Personal information
- Nationality: American
- Born: December 8, 1966 (age 59) Jeffersonville, Indiana, United States

Sport
- Sport: Archery

Medal record
Representing United States
Paralympic Games
Archery
| Gold medal – first place | 2016 Rio de Janeiro | Men's individual compound open |
Parapan American Games
| Gold medal – first place | 2015 Toronto | Men's compound |

= Andre Shelby =

American Paralympic archer

Andre C. Shelby (born December 8, 1966) is a U.S. Paralympic archer and Paralympic and Parapan champion.

Shelby was born in Jeffersonville, Indiana in 1966 to Lee and Etta Shelby.
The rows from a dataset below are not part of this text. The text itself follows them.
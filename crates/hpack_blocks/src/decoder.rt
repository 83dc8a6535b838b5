ghost use Rattle.std.specs.Prelude.{◌≡◌, ◌≤◌, [], length, drop, IfOk};
ghost use Rattle.hpack_blocks.specs.Answers.{Open, ReadsBlock, ReadsUpdates, Follows, Decodes};
ghost use Rattle.hpack_blocks.specs.Table.{Table};
ghost use Rattle.hpack_blocks.specs.Block.{block_of, fields_from, is_update};

use crate::dynamic_table::DynamicTable;
use crate::faults::BlockFault;
use crate::fields::FieldList;
use crate::listed::{Listed, MAX_LIST_SIZE};
use crate::reading::{read_field, read_update};
use outside::Memory;
use std::alloc::Global;
use std::marker::Model;

/// What a decoder answers to the next block.
#[derive(Clone, Copy)]
pub enum State {
    /// What the block says.
    Open,
    /// `BadBlock`, since an earlier block wasn't in the grammar.
    Bad,
    /// `Memory`, since it ran out in an earlier block.
    Lost,
}

/// The decoder of a connection's header blocks (RFC 7541). Contracts see its dynamic table, or that
/// it answers one fault from now on.
#[derive(Drop)]
pub struct Decoder {
    table: DynamicTable,
    state: State,
}

impl Model for Decoder {
    ghost use Rattle.hpack_blocks.specs.Answers.{Standing};
    ghost use Rattle.hpack_blocks.specs.Standing.{standing_of};

    ghost Value = { Standing };

    ghost view = { λ d. standing_of d.state d.table };
}

impl Decoder {
    /// The decoder of a new connection: an empty table of 4,096 octets.
    pub fn new(alloc: Global) -> Result<Decoder, Memory>
        ensures { IfOk result (λ d. d ≡ Open (record { max = 4096; entries = [] })) }
    {
        Ok(Decoder {
            table: DynamicTable::new(alloc)?,
            state: State::Open,
        })
    }

    /// The fields of the next block, and the dynamic table goes on behind it.
    ///
    /// `BadBlock` comes exactly where the block isn't in the grammar, and then for every later block.
    /// `TooLarge` comes exactly where the block is good and the size of its list is above 16,384; the
    /// table is then as after the block. After `Memory` every later block is answered so.
    pub fn decode(&mut self, alloc: Global, block: &[u8]) -> Result<FieldList, BlockFault>
        // By the grammar: what the block says of the fields and of the table behind it.
        ensures grammar { (t : Table) → self.old ≡ Open t → Follows result t block.now self.new }
        // By the function that reads a block, and what is answered after a fault.
        ensures exact { Decodes self.old block.now result self.new }
    {
        self.decode_next(alloc, block)
    }

    /// The answer to the next block.
    fn decode_next(&mut self, alloc: Global, block: &[u8]) -> Result<FieldList, BlockFault>
        ensures { Decodes self.old block.now result self.new }
    {
        match self.state {
            State::Bad => return Err(BlockFault::BadBlock),
            State::Lost => return Err(BlockFault::Memory),
            State::Open => {}
        }
        match read_block(alloc, &mut self.table, block) {
            Ok(list) => {
                if list.size > MAX_LIST_SIZE {
                    return Err(BlockFault::TooLarge { size: list.size });
                }
                Ok(FieldList::from_vec(list.fields))
            }
            Err(BlockFault::Memory) => {
                self.state = State::Lost;
                Err(BlockFault::Memory)
            }
            Err(BlockFault::BadBlock) => {
                self.state = State::Bad;
                Err(BlockFault::BadBlock)
            }
            Err(BlockFault::TooLarge { size: _ }) => unreachable!(),
        }
    }
}

/// Whether a representation that begins so is a size update (RFC 7541, section 6.3).
fn is_size_update(first: u8) -> bool
    ensures { result ≡ is_update first }
{
    32 <= first && first < 64
}

/// Reads the size updates at the start of a block, and gives the place behind them.
fn read_updates(table: &mut DynamicTable, block: &[u8]) -> Result<usize, BlockFault>
    ensures { ReadsUpdates result block.now (block_of table.old block.now) table.new }
{
    let mut at = 0;
    while at < block.len() {
        if !is_size_update(block[at]) {
            return Ok(at);
        }
        let used = read_update(table, &block[at..])?;
        at += used;
    }
    Ok(at)
}

/// Reads the fields behind the size updates.
fn read_fields(alloc: Global, table: &mut DynamicTable, bytes: &[u8]) -> Result<Listed, BlockFault>
    ensures { ReadsBlock result (fields_from table.old 0 bytes.now) table.new }
{
    let mut list = Listed::new(alloc)?;
    let mut at = 0;
    while at < bytes.len() {
        let used = read_field(alloc, table, &mut list, &bytes[at..])?;
        at += used;
    }
    Ok(list)
}

/// Reads a whole block.
fn read_block(alloc: Global, table: &mut DynamicTable, block: &[u8]) -> Result<Listed, BlockFault>
    ensures { ReadsBlock result (block_of table.old block.now) table.new }
{
    let at = read_updates(table, block)?;
    read_fields(alloc, table, &block[at..])
}
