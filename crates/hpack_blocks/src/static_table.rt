ghost use Rattle.std.specs.Prelude.{◌≡◌, ◌+◌, ◌<◌, ◌≤◌, slice_get, map, Some};
ghost use Rattle.hpack_blocks.specs.Static.{static_table, entry};

use crate::fields::Field;

/// How many entries the static table has.
pub const STATIC_LEN: usize = 61;

/// The static table (RFC 7541, appendix A): names and values.
const STATIC_TABLE: [(&str, &str); 61] = [
    (":authority", ""),
    (":method", "GET"),
    (":method", "POST"),
    (":path", "/"),
    (":path", "/index.html"),
    (":scheme", "http"),
    (":scheme", "https"),
    (":status", "200"),
    (":status", "204"),
    (":status", "206"),
    (":status", "304"),
    (":status", "400"),
    (":status", "404"),
    (":status", "500"),
    ("accept-charset", ""),
    ("accept-encoding", "gzip, deflate"),
    ("accept-language", ""),
    ("accept-ranges", ""),
    ("accept", ""),
    ("access-control-allow-origin", ""),
    ("age", ""),
    ("allow", ""),
    ("authorization", ""),
    ("cache-control", ""),
    ("content-disposition", ""),
    ("content-encoding", ""),
    ("content-language", ""),
    ("content-length", ""),
    ("content-location", ""),
    ("content-range", ""),
    ("content-type", ""),
    ("cookie", ""),
    ("date", ""),
    ("etag", ""),
    ("expect", ""),
    ("expires", ""),
    ("from", ""),
    ("host", ""),
    ("if-match", ""),
    ("if-modified-since", ""),
    ("if-none-match", ""),
    ("if-range", ""),
    ("if-unmodified-since", ""),
    ("last-modified", ""),
    ("link", ""),
    ("location", ""),
    ("max-forwards", ""),
    ("proxy-authenticate", ""),
    ("proxy-authorization", ""),
    ("range", ""),
    ("referer", ""),
    ("refresh", ""),
    ("retry-after", ""),
    ("server", ""),
    ("set-cookie", ""),
    ("strict-transport-security", ""),
    ("transfer-encoding", ""),
    ("user-agent", ""),
    ("vary", ""),
    ("via", ""),
    ("www-authenticate", ""),
];

/// The static entry at a place, counted from 0.
pub fn static_entry(place: usize) -> (&'static str, &'static str)
    requires { place < 61 }
    ensures { slice_get static_table place ≡ Some (record { name = result.0.now; value = result.1.now }) }
{
    entry_in(&STATIC_TABLE, place)
}

/// The entry of a table that is the static one.
fn entry_in(table: &[(&'static str, &'static str)], place: usize) -> (&'static str, &'static str)
    requires table { map (λ e. entry e.0.now e.1.now) table.now ≡ static_table }
    requires place { place < 61 }
    ensures { slice_get static_table place ≡ Some (entry result.0.now result.1.now) }
{
    table[place]
}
He graduated from Jeffersonville High School in 1985. At Jeffersonville, Shelby played football and basketball.

Shelby served in the United States Navy for 18 years until an April 2004 motorcycle accident made him reliant on a wheelchair and forced him to retire. Shelby had worked as a boatswain's mate and helped transport troops during the Gulf War.

Shelby discovered archery in 2008. He qualified for the 2016 Summer Paralympics by winning gold at the 2015 Parapan American Games. In the 2016 Summer Paralympics, his debut Paralympics, Shelby won his first Paralympic medal which was gold. He became the first African-American archer to compete in the Paralympics.